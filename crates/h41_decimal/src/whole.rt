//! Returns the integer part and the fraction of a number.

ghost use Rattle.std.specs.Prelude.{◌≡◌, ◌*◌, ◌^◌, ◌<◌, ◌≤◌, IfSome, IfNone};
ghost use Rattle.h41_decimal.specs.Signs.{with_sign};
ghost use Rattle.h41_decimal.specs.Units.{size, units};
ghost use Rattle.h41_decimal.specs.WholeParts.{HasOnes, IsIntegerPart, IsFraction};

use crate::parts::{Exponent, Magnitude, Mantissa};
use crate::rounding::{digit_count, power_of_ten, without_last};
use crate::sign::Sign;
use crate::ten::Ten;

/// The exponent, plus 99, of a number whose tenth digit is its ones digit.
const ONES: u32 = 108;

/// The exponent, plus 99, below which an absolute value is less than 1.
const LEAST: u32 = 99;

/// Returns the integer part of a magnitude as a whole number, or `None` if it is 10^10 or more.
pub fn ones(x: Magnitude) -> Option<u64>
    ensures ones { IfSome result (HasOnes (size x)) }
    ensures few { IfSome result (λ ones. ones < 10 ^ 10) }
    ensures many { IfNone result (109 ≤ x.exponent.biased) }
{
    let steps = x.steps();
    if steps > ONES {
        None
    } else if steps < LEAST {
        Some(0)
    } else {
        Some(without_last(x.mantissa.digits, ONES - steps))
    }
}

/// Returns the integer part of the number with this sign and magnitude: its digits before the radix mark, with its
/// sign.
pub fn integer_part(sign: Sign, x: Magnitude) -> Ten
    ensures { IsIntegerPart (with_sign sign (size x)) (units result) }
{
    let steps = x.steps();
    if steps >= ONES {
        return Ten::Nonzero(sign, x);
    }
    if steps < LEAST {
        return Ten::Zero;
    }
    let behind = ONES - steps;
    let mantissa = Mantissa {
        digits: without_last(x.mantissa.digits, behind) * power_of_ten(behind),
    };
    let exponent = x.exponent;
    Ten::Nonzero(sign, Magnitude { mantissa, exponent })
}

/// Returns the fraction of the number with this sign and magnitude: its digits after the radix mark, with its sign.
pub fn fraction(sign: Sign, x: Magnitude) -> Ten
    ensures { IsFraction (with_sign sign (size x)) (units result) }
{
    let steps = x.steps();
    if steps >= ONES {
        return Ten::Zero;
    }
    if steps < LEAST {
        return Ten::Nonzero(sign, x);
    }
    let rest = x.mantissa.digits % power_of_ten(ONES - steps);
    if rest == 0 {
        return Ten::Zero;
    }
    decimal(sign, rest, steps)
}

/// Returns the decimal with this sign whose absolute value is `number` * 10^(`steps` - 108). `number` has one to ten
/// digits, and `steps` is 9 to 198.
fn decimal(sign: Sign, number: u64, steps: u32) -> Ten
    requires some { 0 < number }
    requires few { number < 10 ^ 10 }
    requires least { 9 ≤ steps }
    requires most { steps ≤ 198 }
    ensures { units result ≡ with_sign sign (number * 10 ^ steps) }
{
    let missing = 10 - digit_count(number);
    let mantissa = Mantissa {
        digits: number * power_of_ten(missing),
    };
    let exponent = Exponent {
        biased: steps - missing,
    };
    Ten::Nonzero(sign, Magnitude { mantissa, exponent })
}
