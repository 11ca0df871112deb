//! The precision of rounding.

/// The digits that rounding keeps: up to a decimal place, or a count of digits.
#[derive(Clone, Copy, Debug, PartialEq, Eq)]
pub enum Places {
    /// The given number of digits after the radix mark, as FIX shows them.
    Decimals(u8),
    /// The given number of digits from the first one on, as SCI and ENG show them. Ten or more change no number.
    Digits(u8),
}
============================================================
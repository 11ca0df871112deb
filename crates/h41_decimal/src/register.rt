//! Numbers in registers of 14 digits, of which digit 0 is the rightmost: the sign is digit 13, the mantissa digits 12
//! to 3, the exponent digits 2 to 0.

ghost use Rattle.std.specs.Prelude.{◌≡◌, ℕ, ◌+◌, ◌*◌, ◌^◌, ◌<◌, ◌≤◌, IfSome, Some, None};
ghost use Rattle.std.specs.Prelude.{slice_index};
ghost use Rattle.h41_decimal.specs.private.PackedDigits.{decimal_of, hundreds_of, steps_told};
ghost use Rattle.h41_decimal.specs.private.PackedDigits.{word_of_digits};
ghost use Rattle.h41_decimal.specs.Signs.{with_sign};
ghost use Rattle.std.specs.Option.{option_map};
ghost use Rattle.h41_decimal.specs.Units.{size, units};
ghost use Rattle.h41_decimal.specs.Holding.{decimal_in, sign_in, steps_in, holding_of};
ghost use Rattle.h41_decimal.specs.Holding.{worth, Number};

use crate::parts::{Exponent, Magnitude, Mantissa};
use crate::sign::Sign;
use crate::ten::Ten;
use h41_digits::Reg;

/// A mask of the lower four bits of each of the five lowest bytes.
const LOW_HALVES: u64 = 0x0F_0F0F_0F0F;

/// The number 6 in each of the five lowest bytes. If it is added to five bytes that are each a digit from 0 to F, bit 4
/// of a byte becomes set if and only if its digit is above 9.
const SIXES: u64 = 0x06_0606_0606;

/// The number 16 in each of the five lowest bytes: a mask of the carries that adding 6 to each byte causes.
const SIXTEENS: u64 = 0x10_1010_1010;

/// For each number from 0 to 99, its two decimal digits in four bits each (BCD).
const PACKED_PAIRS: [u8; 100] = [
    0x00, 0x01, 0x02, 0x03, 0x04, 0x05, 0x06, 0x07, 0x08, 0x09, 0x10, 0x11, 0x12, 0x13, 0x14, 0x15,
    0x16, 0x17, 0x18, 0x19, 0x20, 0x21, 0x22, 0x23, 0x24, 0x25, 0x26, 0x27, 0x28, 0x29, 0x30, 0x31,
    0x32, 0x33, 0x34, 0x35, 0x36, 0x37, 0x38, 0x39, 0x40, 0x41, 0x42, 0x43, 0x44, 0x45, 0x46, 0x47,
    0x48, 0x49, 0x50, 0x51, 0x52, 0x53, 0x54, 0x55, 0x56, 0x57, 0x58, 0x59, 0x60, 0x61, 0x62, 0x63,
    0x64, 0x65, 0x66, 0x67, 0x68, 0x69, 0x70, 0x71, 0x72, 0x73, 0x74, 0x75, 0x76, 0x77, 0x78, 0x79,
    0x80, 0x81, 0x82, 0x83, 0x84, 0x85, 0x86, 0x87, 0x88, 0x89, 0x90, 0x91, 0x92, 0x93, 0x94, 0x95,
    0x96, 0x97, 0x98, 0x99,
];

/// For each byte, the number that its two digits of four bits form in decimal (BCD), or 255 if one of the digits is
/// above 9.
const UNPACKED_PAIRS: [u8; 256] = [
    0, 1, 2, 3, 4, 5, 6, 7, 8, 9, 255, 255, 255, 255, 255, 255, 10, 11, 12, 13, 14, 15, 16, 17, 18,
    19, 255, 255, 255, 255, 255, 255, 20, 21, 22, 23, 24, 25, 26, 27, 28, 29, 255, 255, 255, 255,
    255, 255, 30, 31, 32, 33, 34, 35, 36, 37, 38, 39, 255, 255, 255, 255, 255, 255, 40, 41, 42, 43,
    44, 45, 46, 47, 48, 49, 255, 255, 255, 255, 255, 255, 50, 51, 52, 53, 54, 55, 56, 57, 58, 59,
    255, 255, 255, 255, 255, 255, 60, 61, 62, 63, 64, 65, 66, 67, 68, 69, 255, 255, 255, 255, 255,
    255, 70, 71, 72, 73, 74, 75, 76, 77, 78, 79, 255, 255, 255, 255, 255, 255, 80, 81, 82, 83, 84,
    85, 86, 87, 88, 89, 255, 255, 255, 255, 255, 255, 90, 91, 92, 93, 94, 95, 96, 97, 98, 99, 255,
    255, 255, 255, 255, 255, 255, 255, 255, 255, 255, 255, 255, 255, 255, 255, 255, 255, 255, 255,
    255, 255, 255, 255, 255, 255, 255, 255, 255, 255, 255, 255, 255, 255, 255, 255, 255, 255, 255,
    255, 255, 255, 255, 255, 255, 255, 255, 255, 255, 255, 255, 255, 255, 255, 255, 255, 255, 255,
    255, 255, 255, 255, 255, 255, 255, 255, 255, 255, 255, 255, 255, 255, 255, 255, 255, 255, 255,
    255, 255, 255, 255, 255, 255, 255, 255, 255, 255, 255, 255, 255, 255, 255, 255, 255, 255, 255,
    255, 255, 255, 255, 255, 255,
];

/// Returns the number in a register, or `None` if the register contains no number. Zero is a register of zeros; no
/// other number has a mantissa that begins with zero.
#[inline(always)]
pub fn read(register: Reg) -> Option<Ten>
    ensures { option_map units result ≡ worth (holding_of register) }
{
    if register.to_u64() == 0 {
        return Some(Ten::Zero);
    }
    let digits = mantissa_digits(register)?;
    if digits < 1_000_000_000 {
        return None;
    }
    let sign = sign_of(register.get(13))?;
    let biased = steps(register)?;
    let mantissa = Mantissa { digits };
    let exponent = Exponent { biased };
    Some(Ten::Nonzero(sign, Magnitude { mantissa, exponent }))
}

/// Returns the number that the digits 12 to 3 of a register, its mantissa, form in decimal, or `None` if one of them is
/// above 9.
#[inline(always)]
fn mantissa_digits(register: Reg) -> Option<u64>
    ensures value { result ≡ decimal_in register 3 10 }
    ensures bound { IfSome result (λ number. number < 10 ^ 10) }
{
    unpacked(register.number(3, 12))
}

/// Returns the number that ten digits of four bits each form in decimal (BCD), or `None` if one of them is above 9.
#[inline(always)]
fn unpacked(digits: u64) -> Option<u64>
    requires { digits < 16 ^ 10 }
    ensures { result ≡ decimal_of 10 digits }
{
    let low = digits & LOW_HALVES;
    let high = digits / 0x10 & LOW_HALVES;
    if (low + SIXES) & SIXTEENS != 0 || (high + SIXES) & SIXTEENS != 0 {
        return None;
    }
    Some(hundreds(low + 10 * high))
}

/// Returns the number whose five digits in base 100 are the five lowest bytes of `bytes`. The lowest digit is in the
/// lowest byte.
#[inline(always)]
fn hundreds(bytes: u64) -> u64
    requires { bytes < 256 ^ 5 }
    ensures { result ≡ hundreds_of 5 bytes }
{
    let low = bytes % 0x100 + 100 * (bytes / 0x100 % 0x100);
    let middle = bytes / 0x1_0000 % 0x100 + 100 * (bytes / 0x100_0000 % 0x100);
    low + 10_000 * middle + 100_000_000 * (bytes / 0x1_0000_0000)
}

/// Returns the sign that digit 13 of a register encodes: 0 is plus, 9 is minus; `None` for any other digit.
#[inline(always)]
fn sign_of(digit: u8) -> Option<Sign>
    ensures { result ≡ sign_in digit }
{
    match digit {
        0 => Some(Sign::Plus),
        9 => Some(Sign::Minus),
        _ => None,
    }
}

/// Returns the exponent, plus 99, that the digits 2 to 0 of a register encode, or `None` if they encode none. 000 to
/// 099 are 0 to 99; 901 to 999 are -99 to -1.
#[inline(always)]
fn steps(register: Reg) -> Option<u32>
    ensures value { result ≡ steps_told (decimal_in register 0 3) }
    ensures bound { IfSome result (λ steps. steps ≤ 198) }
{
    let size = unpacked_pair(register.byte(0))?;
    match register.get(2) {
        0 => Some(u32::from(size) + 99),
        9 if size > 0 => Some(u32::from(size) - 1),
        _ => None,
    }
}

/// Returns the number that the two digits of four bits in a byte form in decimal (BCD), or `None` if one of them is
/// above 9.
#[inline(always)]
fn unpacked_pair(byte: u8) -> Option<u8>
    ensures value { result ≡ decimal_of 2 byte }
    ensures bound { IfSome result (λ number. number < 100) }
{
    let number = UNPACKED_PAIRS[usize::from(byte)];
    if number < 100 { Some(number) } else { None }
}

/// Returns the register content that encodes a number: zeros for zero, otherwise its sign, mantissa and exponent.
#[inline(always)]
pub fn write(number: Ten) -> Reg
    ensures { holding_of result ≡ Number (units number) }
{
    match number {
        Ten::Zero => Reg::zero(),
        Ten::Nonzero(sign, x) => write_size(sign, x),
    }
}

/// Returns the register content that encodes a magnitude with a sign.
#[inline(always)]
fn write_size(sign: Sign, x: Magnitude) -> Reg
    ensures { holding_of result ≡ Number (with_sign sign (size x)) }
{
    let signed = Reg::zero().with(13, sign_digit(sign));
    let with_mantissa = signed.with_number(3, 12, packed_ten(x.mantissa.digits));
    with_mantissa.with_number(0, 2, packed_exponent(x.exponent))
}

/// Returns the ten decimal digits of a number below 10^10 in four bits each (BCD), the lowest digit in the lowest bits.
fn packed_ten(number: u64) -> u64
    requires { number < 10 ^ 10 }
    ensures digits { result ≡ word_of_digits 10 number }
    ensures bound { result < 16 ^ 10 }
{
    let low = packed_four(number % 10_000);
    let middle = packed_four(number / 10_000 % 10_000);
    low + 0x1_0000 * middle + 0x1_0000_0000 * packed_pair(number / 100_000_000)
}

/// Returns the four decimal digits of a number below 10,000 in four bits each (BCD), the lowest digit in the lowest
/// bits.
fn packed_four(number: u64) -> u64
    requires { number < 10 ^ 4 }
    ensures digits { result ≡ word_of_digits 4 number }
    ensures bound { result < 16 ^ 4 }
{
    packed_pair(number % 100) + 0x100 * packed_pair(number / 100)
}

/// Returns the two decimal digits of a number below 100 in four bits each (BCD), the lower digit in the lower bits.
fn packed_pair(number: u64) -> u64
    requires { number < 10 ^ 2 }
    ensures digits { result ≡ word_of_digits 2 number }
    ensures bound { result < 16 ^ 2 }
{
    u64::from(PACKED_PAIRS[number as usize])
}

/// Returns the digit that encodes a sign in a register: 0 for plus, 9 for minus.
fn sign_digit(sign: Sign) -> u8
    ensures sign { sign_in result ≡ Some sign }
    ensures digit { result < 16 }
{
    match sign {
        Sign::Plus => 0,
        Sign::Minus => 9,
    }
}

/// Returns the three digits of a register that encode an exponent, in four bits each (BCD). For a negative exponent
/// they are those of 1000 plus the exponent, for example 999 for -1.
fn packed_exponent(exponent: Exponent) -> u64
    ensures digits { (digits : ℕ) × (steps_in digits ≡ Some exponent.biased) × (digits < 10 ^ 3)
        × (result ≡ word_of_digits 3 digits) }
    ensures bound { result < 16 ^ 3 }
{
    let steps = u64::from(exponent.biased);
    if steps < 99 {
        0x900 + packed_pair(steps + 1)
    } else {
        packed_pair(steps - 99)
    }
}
============================================================
Whenever the string "below" shows up on a line of the listing, copy that line.

/// The exponent, plus 99, below which an absolute value is less than 1.
/// Returns the ten decimal digits of a number below 10^10 in four bits each (BCD), the lowest digit in the lowest bits.
/// Returns the four decimal digits of a number below 10,000 in four bits each (BCD), the lowest digit in the lowest
/// Returns the two decimal digits of a number below 100 in four bits each (BCD), the lower digit in the lower bits.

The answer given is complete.